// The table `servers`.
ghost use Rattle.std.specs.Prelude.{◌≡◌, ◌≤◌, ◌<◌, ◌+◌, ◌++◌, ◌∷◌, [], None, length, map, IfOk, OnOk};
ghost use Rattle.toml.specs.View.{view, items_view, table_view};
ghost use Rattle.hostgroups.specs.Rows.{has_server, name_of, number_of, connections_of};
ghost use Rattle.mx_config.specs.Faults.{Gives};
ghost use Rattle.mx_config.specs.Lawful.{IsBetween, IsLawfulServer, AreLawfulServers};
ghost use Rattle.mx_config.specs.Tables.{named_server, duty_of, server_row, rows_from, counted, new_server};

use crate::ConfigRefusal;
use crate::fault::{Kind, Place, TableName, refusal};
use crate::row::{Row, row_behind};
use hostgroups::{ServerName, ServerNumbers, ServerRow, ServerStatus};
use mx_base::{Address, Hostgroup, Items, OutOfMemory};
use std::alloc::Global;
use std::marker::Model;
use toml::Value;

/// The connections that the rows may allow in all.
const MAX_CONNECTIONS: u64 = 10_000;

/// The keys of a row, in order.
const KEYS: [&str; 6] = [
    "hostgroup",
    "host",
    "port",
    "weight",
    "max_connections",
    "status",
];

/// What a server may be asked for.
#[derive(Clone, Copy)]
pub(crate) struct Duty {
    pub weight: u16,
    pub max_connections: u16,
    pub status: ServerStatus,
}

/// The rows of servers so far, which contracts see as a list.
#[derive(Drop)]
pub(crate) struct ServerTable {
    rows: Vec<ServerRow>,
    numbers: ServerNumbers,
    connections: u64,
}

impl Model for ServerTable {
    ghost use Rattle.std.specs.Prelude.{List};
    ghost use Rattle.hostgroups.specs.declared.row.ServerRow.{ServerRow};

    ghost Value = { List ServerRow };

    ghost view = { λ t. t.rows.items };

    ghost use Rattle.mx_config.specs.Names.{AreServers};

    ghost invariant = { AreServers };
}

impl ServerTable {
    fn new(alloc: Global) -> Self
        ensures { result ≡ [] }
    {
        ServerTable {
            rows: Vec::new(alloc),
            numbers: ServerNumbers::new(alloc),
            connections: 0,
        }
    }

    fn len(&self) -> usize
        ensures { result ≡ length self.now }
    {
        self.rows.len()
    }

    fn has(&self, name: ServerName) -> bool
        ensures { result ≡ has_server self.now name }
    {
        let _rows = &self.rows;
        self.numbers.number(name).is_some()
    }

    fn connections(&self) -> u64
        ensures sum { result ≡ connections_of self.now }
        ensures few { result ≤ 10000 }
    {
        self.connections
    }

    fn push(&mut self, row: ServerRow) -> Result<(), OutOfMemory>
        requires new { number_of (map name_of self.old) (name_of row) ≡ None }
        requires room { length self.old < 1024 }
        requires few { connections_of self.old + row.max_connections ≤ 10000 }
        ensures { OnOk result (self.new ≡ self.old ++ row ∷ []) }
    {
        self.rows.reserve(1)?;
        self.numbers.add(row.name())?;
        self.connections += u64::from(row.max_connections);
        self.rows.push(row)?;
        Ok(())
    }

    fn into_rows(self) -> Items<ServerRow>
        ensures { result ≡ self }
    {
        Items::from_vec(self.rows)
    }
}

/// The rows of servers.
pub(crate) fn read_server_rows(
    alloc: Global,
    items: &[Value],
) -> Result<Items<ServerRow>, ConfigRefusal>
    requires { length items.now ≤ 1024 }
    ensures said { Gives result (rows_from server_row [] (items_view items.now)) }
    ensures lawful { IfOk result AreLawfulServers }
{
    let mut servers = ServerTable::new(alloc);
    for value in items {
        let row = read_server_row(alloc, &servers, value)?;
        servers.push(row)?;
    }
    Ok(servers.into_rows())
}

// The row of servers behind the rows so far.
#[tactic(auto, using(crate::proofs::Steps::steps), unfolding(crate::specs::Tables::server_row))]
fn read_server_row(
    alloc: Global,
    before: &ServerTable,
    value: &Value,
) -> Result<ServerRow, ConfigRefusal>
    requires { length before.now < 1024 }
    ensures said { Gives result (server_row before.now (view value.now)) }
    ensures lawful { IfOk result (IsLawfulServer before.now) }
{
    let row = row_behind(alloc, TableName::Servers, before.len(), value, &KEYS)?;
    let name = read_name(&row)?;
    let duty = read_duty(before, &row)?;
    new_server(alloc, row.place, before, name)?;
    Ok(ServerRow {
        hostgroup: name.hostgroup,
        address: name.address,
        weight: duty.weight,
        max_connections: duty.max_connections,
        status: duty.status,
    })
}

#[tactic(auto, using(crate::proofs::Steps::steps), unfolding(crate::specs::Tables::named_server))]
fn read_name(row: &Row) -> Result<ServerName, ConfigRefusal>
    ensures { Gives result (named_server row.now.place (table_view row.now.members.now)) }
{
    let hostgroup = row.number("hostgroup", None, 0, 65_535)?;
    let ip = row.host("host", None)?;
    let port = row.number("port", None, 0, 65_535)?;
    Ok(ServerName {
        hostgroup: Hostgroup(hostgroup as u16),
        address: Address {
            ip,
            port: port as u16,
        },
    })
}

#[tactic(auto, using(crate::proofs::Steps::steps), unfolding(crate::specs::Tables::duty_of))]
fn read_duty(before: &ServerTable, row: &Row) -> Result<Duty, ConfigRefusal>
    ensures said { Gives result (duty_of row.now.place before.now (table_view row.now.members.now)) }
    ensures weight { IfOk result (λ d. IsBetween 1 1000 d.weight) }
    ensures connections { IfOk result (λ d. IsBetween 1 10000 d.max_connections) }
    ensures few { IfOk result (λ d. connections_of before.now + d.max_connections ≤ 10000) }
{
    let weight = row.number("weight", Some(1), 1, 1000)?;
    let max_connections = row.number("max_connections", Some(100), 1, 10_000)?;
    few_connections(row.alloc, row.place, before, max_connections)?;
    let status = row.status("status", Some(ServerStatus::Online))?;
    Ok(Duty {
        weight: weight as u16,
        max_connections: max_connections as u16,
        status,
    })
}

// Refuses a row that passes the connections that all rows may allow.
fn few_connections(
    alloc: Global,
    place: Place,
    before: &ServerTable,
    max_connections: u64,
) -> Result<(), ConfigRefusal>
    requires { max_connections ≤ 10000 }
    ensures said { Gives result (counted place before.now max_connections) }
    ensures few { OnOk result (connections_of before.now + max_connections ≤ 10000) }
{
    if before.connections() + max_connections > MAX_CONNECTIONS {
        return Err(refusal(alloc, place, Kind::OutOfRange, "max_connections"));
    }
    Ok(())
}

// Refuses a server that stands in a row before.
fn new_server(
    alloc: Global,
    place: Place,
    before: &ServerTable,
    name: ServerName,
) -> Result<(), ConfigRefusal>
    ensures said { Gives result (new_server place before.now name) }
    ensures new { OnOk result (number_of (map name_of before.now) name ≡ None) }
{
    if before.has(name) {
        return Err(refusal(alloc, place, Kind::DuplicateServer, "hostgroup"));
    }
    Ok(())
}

Assignment: Repeat each record above precisely as written.

Written response:
// The table `servers`.
ghost use Rattle.std.specs.Prelude.{◌≡◌, ◌≤◌, ◌<◌, ◌+◌, ◌++◌, ◌∷◌, [], None, length, map, IfOk, OnOk};
ghost use Rattle.toml.specs.View.{view, items_view, table_view};
ghost use Rattle.hostgroups.specs.Rows.{has_server, name_of, number_of, connections_of};
ghost use Rattle.mx_config.specs.Faults.{Gives};
ghost use Rattle.mx_config.specs.Lawful.{IsBetween, IsLawfulServer, AreLawfulServers};
ghost use Rattle.mx_config.specs.Tables.{named_server, duty_of, server_row, rows_from, counted, new_server};

use crate::ConfigRefusal;
use crate::fault::{Kind, Place, TableName, refusal};
use crate::row::{Row, row_behind};
use hostgroups::{ServerName, ServerNumbers, ServerRow, ServerStatus};
use mx_base::{Address, Hostgroup, Items, OutOfMemory};
use std::alloc::Global;
use std::marker::Model;
use toml::Value;

/// The connections that the rows may allow in all.
const MAX_CONNECTIONS: u64 = 10_000;

/// The keys of a row, in order.
const KEYS: [&str; 6] = [
    "hostgroup",
    "host",
    "port",
    "weight",
    "max_connections",
    "status",
];

/// What a server may be asked for.
#[derive(Clone, Copy)]
pub(crate) struct Duty {
    pub weight: u16,
    pub max_connections: u16,
    pub status: ServerStatus,
}

/// The rows of servers so far, which contracts see as a list.
#[derive(Drop)]
pub(crate) struct ServerTable {
    rows: Vec<ServerRow>,
    numbers: ServerNumbers,
    connections: u64,
}

impl Model for ServerTable {
    ghost use Rattle.std.specs.Prelude.{List};
    ghost use Rattle.hostgroups.specs.declared.row.ServerRow.{ServerRow};

    ghost Value = { List ServerRow };

    ghost view = { λ t. t.rows.items };

    ghost use Rattle.mx_config.specs.Names.{AreServers};

    ghost invariant = { AreServers };
}

impl ServerTable {
    fn new(alloc: Global) -> Self
        ensures { result ≡ [] }
    {
        ServerTable {
            rows: Vec::new(alloc),
            numbers: ServerNumbers::new(alloc),
            connections: 0,
        }
    }

    fn len(&self) -> usize
        ensures { result ≡ length self.now }
    {
        self.rows.len()
    }

    fn has(&self, name: ServerName) -> bool
        ensures { result ≡ has_server self.now name }
    {
        let _rows = &self.rows;
        self.numbers.number(name).is_some()
    }

    fn connections(&self) -> u64
        ensures sum { result ≡ connections_of self.now }
        ensures few { result ≤ 10000 }
    {
        self.connections
    }

    fn push(&mut self, row: ServerRow) -> Result<(), OutOfMemory>
        requires new { number_of (map name_of self.old) (name_of row) ≡ None }
        requires room { length self.old < 1024 }
        requires few { connections_of self.old + row.max_connections ≤ 10000 }
        ensures { OnOk result (self.new ≡ self.old ++ row ∷ []) }
    {
        self.rows.reserve(1)?;
        self.numbers.add(row.name())?;
        self.connections += u64::from(row.max_connections);
        self.rows.push(row)?;
        Ok(())
    }

    fn into_rows(self) -> Items<ServerRow>
        ensures { result ≡ self }
    {
        Items::from_vec(self.rows)
    }
}

/// The rows of servers.
pub(crate) fn read_server_rows(
    alloc: Global,
    items: &[Value],
) -> Result<Items<ServerRow>, ConfigRefusal>
    requires { length items.now ≤ 1024 }
    ensures said { Gives result (rows_from server_row [] (items_view items.now)) }
    ensures lawful { IfOk result AreLawfulServers }
{
    let mut servers = ServerTable::new(alloc);
    for value in items {
        let row = read_server_row(alloc, &servers, value)?;
        servers.push(row)?;
    }
    Ok(servers.into_rows())
}

// The row of servers behind the rows so far.
#[tactic(auto, using(crate::proofs::Steps::steps), unfolding(crate::specs::Tables::server_row))]
fn read_server_row(
    alloc: Global,
    before: &ServerTable,
    value: &Value,
) -> Result<ServerRow, ConfigRefusal>
    requires { length before.now < 1024 }
    ensures said { Gives result (server_row before.now (view value.now)) }
    ensures lawful { IfOk result (IsLawfulServer before.now) }
{
    let row = row_behind(alloc, TableName::Servers, before.len(), value, &KEYS)?;
    let name = read_name(&row)?;
    let duty = read_duty(before, &row)?;
    new_server(alloc, row.place, before, name)?;
    Ok(ServerRow {
        hostgroup: name.hostgroup,
        address: name.address,
        weight: duty.weight,
        max_connections: duty.max_connections,
        status: duty.status,
    })
}

#[tactic(auto, using(crate::proofs::Steps::steps), unfolding(crate::specs::Tables::named_server))]
fn read_name(row: &Row) -> Result<ServerName, ConfigRefusal>
    ensures { Gives result (named_server row.now.place (table_view row.now.members.now)) }
{
    let hostgroup = row.number("hostgroup", None, 0, 65_535)?;
    let ip = row.host("host", None)?;
    let port = row.number("port", None, 0, 65_535)?;
    Ok(ServerName {
        hostgroup: Hostgroup(hostgroup as u16),
        address: Address {
            ip,
            port: port as u16,
        },
    })
}

#[tactic(auto, using(crate::proofs::Steps::steps), unfolding(crate::specs::Tables::duty_of))]
fn read_duty(before: &ServerTable, row: &Row) -> Result<Duty, ConfigRefusal>
    ensures said { Gives result (duty_of row.now.place before.now (table_view row.now.members.now)) }
    ensures weight { IfOk result (λ d. IsBetween 1 1000 d.weight) }
    ensures connections { IfOk result (λ d. IsBetween 1 10000 d.max_connections) }
    ensures few { IfOk result (λ d. connections_of before.now + d.max_connections ≤ 10000) }
{
    let weight = row.number("weight", Some(1), 1, 1000)?;
    let max_connections = row.number("max_connections", Some(100), 1, 10_000)?;
    few_connections(row.alloc, row.place, before, max_connections)?;
    let status = row.status("status", Some(ServerStatus::Online))?;
    Ok(Duty {
        weight: weight as u16,
        max_connections: max_connections as u16,
        status,
    })
}

// Refuses a row that passes the connections that all rows may allow.
fn few_connections(
    alloc: Global,
    place: Place,
    before: &ServerTable,
    max_connections: u64,
) -> Result<(), ConfigRefusal>
    requires { max_connections ≤ 10000 }
    ensures said { Gives result (counted place before.now max_connections) }
    ensures few { OnOk result (connections_of before.now + max_connections ≤ 10000) }
{
    if before.connections() + max_connections > MAX_CONNECTIONS {
        return Err(refusal(alloc, place, Kind::OutOfRange, "max_connections"));
    }
    Ok(())
}

// Refuses a server that stands in a row before.
fn new_server(
    alloc: Global,
    place: Place,
    before: &ServerTable,
    name: ServerName,
) -> Result<(), ConfigRefusal>
    ensures said { Gives result (new_server place before.now name) }
    ensures new { OnOk result (number_of (map name_of before.now) name ≡ None) }
{
    if before.has(name) {
        return Err(refusal(alloc, place, Kind::DuplicateServer, "hostgroup"));
    }
    Ok(())
}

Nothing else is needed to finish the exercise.